PROBLEM STATEMENT :: Would you write out, word for word, each line of the records below from the top through the one holding "a truth value."?

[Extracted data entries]
********

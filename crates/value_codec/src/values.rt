//! Values of a payload, read by their types.
//!
//! A value is read with a depth, the number of levels to which values may nest from there. Every value has a
//! byte of
//! its own, so a depth above the number of bytes is always enough.

ghost use Rattle.std.specs.Prelude.{◌≡◌, ◌≤◌, slice_get};
ghost use Rattle.ipdl_base.specs.Plain.{plain, plain_values};
ghost use Rattle.value_codec.specs.Reading as reading;
ghost use Rattle.value_codec.specs.Reading.{Gives, value_at};

use crate::fault::Refusal;
use crate::reading::{broken, counted, field, flag, id, short, struct_byte, word};
use byteorder::{ByteOrder, LittleEndian};
use ipdl_base::{Builtin, Name, ParamRow, Rule, Schema, Shape, TypeRow, Value, Values};
use std::alloc::Global;
use value_types::Layout;

/// Takes a truth value.
#[tactic(auto, unfolding(crate::specs::Reading::flag_value_at))]
fn truth(layout: Layout, bytes: &[u8]) -> Result<(Value, &[u8]), Refusal>
    ensures { Gives (λ x. (plain x.0, x.1.now)) result (reading.flag_value_at layout bytes.now) }
{
    let (b, rest) = flag(layout, bytes)?;
    Ok((Value::Bool(b), rest))
}

/// Takes a signed number of `count` bytes.
#[tactic(auto, unfolding(crate::specs::Reading::signed_at))]
fn signed(layout: Layout, count: usize, bytes: &[u8]) -> Result<(Value, &[u8]), Refusal>
    requires low { 1 ≤ count }
    requires high { count ≤ 8 }
    ensures { Gives (λ x. (plain x.0, x.1.now)) result (reading.signed_at layout count bytes.now) }
{
    let (front, rest) = field(layout, count, bytes)?;
    Ok((Value::Int(LittleEndian::read_int128(front, count)), rest))
}

/// Takes an unsigned number of `count` bytes.
#[tactic(auto, unfolding(crate::specs::Reading::unsigned_at))]
fn unsigned(layout: Layout, count: usize, bytes: &[u8]) -> Result<(Value, &[u8]), Refusal>
    requires low { 1 ≤ count }
    requires high { count ≤ 8 }
    ensures { Gives (λ x. (plain x.0, x.1.now)) result (reading.unsigned_at layout count bytes.now) }
{
    let (front, rest) = field(layout, count, bytes)?;
    let number = LittleEndian::read_uint(front, count);
    Ok((Value::Int(i128::from(number)), rest))
}

/// Takes the bits of a float or a double.
#[tactic(auto, unfolding(crate::specs::Reading::bits_at))]
fn bits(layout: Layout, count: usize, bytes: &[u8]) -> Result<(Value, &[u8]), Refusal>
    requires low { 1 ≤ count }
    requires high { count ≤ 8 }
    ensures { Gives (λ x. (plain x.0, x.1.now)) result (reading.bits_at layout count bytes.now) }
{
    let (front, rest) = field(layout, count, bytes)?;
    Ok((Value::Bits(LittleEndian::read_uint(front, count)), rest))
}

/// Takes a text.
#[tactic(auto, unfolding(crate::specs::Reading::text_at))]
fn text(alloc: Global, layout: Layout, bytes: &[u8]) -> Result<(Value, &[u8]), Refusal>
    ensures { Gives (λ x. (plain x.0, x.1.now)) result (reading.text_at layout bytes.now) }
{
    let (front, rest) = counted(layout, true, bytes)?;
    let name = Name::from_slice(alloc, front)?;
    Ok((Value::Text(name), rest))
}

/// Takes bytes of any kind.
#[tactic(auto, unfolding(crate::specs::Reading::bytes_at))]
fn any_bytes(alloc: Global, layout: Layout, bytes: &[u8]) -> Result<(Value, &[u8]), Refusal>
    ensures { Gives (λ x. (plain x.0, x.1.now)) result (reading.bytes_at layout bytes.now) }
{
    let (front, rest) = counted(layout, false, bytes)?;
    let name = Name::from_slice(alloc, front)?;
    Ok((Value::Bytes(name), rest))
}

/// Takes an actor.
#[tactic(auto, unfolding(crate::specs::Reading::actor_at))]
fn actor(nullable: bool, bytes: &[u8]) -> Result<(Value, &[u8]), Refusal>
    ensures { Gives (λ x. (plain x.0, x.1.now)) result (reading.actor_at nullable bytes.now) }
{
    let (id, rest) = id(nullable, bytes)?;
    Ok((Value::Actor(id), rest))
}

/// Takes a value of a builtin.
fn builtin(
    alloc: Global,
    layout: Layout,
    builtin: Builtin,
    bytes: &[u8],
) -> Result<(Value, &[u8]), Refusal>
    ensures { Gives (λ x. (plain x.0, x.1.now)) result (reading.builtin_at layout builtin bytes.now) }
{
    match builtin {
        Builtin::Bool => truth(layout, bytes),
        Builtin::Char | Builtin::Int8 => signed(layout, 1, bytes),
        Builtin::Uint8 => unsigned(layout, 1, bytes),
        Builtin::Short | Builtin::Int16 => signed(layout, 2, bytes),
        Builtin::Uint16 => unsigned(layout, 2, bytes),
        Builtin::Int | Builtin::Int32 => signed(layout, 4, bytes),
        Builtin::Uint32 | Builtin::NsResult => unsigned(layout, 4, bytes),
        Builtin::Long | Builtin::Int64 | Builtin::IntPtr => signed(layout, 8, bytes),
        Builtin::Uint64 | Builtin::UintPtr => unsigned(layout, 8, bytes),
        Builtin::Float => bits(layout, 4, bytes),
        Builtin::Double => bits(layout, 8, bytes),
        Builtin::NsString => text(alloc, layout, bytes),
        Builtin::NsCString | Builtin::ByteBuf => any_bytes(alloc, layout, bytes),
        Builtin::Shmem | Builtin::FileDescriptor => Err(broken(Rule::BAD_VALUE, bytes)),
    }
}

/// Takes a value of a type.
#[cycle(reading)]
pub(crate) fn value<'b>(
    alloc: Global,
    layout: Layout,
    schema: &Schema,
    shape: &Shape,
    depth: usize,
    bytes: &'b [u8],
) -> Result<(Value, &'b [u8]), Refusal>
    ensures { Gives (λ x. (plain x.0, x.1.now)) result (value_at depth layout schema.now shape.now bytes.now) }
{
    if depth == 0 {
        return Err(short());
    }
    value_of_shape(alloc, layout, schema, shape, depth - 1, bytes)
}

/// Takes a value of a type, where the values inside it have this depth.
#[cycle(reading)]
fn value_of_shape<'b>(
    alloc: Global,
    layout: Layout,
    schema: &Schema,
    shape: &Shape,
    depth: usize,
    bytes: &'b [u8],
) -> Result<(Value, &'b [u8]), Refusal>
    ensures { Gives (λ x. (plain x.0, x.1.now)) result (reading.shape_at (value_at depth layout schema.now) layout schema.now shape.now bytes.now) }
{
    match shape {
        Shape::Builtin(kind) => builtin(alloc, layout, *kind, bytes),
        Shape::Using(_) => any_bytes(alloc, layout, bytes),
        Shape::Actor(_, nullable) => actor(*nullable, bytes),
        Shape::Named(number) => { named(alloc, layout, schema, *number, depth, bytes) }
        Shape::Array(element) => array(alloc, layout, schema, element, depth, bytes),
        Shape::Maybe(held) | Shape::Unique(held) => {
            maybe(alloc, layout, schema, held, depth, bytes)
        }
        Shape::Endpoint(_, _) => Err(broken(Rule::BAD_VALUE, bytes)),
    }
}

/// Takes a value of the type with this number.
#[cycle(reading)]
fn named<'b>(
    alloc: Global,
    layout: Layout,
    schema: &Schema,
    number: u32,
    depth: usize,
    bytes: &'b [u8],
) -> Result<(Value, &'b [u8]), Refusal>
    ensures { Gives (λ x. (plain x.0, x.1.now)) result
        (reading.row_at (value_at depth layout schema.now) layout (slice_get schema.now.types number) bytes.now) }
{
    match schema.types.as_slice().get(number as usize) {
        Some(TypeRow::Struct(_, fields)) => {
            structure(alloc, layout, schema, fields.as_slice(), depth, bytes)
        }
        Some(TypeRow::Union(_, components)) => {
            union_value(alloc, layout, schema, components.as_slice(), depth, bytes)
        }
        None => Err(broken(Rule::BAD_VALUE, bytes)),
    }
}

/// Takes an array.
#[cycle(reading)]
#[tactic(auto, unfolding(crate::specs::Reading::array_at))]
fn array<'b>(
    alloc: Global,
    layout: Layout,
    schema: &Schema,
    element: &Shape,
    depth: usize,
    bytes: &'b [u8],
) -> Result<(Value, &'b [u8]), Refusal>
    ensures { Gives (λ x. (plain x.0, x.1.now)) result (reading.array_at (value_at depth layout schema.now) element.now bytes.now) }
{
    let (count, rest) = word(bytes)?;
    let (elements, rest) = elements(alloc, layout, schema, element, depth, count, rest)?;
    Ok((Value::Array(elements), rest))
}

/// Takes `count` values of one type.
#[cycle(reading)]
#[tactic(auto, unfolding(crate::specs::Reading::elements_at))]
fn elements<'b>(
    alloc: Global,
    layout: Layout,
    schema: &Schema,
    element: &Shape,
    depth: usize,
    count: u32,
    bytes: &'b [u8],
) -> Result<(Values, &'b [u8]), Refusal>
    ensures { Gives (λ x. (plain_values x.0, x.1.now)) result (reading.elements_at (value_at depth layout schema.now) element.now count bytes.now) }
{
    if count == 0 {
        return Ok((Values::Nothing, bytes));
    }
    let (first, rest) = value(alloc, layout, schema, element, depth, bytes)?;
    let (others, rest) = elements(alloc, layout, schema, element, depth, count - 1, rest)?;
    let values = Values::First(Box::new(alloc, first)?, Box::new(alloc, others)?);
    Ok((values, rest))
}

/// Takes a value for each field or parameter.
#[cycle(reading)]
#[tactic(auto, unfolding(crate::specs::Reading::values_at))]
pub(crate) fn values<'b>(
    alloc: Global,
    layout: Layout,
    schema: &Schema,
    fields: &[ParamRow],
    depth: usize,
    bytes: &'b [u8],
) -> Result<(Values, &'b [u8]), Refusal>
    ensures { Gives (λ x. (plain_values x.0, x.1.now)) result (reading.values_at (value_at depth layout schema.now) fields.now bytes.now) }
{
    match fields.split_first() {
        None => Ok((Values::Nothing, bytes)),
        Some((field, more)) => {
            let (first, rest) = value(alloc, layout, schema, &field.shape, depth, bytes)?;
            let (others, rest) = values(alloc, layout, schema, more, depth, rest)?;
            let values = Values::First(Box::new(alloc, first)?, Box::new(alloc, others)?);
            Ok((values, rest))
        }
    }
}

/// Takes a maybe or a `UniquePtr`.
#[cycle(reading)]
#[tactic(auto, unfolding(crate::specs::Reading::maybe_at, crate::specs::Reading::held_at))]
fn maybe<'b>(
    alloc: Global,
    layout: Layout,
    schema: &Schema,
    held: &Shape,
    depth: usize,
    bytes: &'b [u8],
) -> Result<(Value, &'b [u8]), Refusal>
    ensures { Gives (λ x. (plain x.0, x.1.now)) result (reading.maybe_at (value_at depth layout schema.now) layout held.now bytes.now) }
{
    let (is_there, rest) = flag(layout, bytes)?;
    if !is_there {
        return Ok((Value::Maybe(None), rest));
    }
    let (held, rest) = value(alloc, layout, schema, held, depth, rest)?;
    Ok((Value::Maybe(Some(Box::new(alloc, held)?)), rest))
}

/// Takes a struct.
#[cycle(reading)]
#[tactic(auto, unfolding(crate::specs::Reading::fields_at))]
fn structure<'b>(
    alloc: Global,
    layout: Layout,
    schema: &Schema,
    fields: &[ParamRow],
    depth: usize,
    bytes: &'b [u8],
) -> Result<(Value, &'b [u8]), Refusal>
    ensures { Gives (λ x. (plain x.0, x.1.now)) result (reading.fields_at (value_at depth layout schema.now) layout fields.now bytes.now) }
{
    let rest = struct_byte(layout, bytes)?;
    let (found, rest) = values(alloc, layout, schema, fields, depth, rest)?;
    Ok((Value::Struct(found), rest))
}

/// Takes a union.
#[cycle(reading)]
#[tactic(auto, unfolding(crate::specs::Reading::union_at, crate::specs::Reading::component_at))]
fn union_value<'b>(
    alloc: Global,
    layout: Layout,
    schema: &Schema,
    components: &[Shape],
    depth: usize,
    bytes: &'b [u8],
) -> Result<(Value, &'b [u8]), Refusal>
    ensures { Gives (λ x. (plain x.0, x.1.now)) result (reading.union_at (value_at depth layout schema.now) components.now bytes.now) }
{
    let (index, rest) = word(bytes)?;
    match components.get(index as usize) {
        None => Err(broken(Rule::BAD_TAG, bytes)),
        Some(component) => {
            let (held, rest) = value(alloc, layout, schema, component, depth, rest)?;
            Ok((Value::Union(index, Box::new(alloc, held)?), rest))
        }
    }
}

********

SOLVED PROBLEM ::
filename crates/value_codec/src/values.rt
//! Values of a payload, read by their types.
//!
//! A value is read with a depth, the number of levels to which values may nest from there. Every value has a
//! byte of
//! its own, so a depth above the number of bytes is always enough.

ghost use Rattle.std.specs.Prelude.{◌≡◌, ◌≤◌, slice_get};
ghost use Rattle.ipdl_base.specs.Plain.{plain, plain_values};
ghost use Rattle.value_codec.specs.Reading as reading;
ghost use Rattle.value_codec.specs.Reading.{Gives, value_at};

use crate::fault::Refusal;
use crate::reading::{broken, counted, field, flag, id, short, struct_byte, word};
use byteorder::{ByteOrder, LittleEndian};
use ipdl_base::{Builtin, Name, ParamRow, Rule, Schema, Shape, TypeRow, Value, Values};
use std::alloc::Global;
use value_types::Layout;

/// Takes a truth value.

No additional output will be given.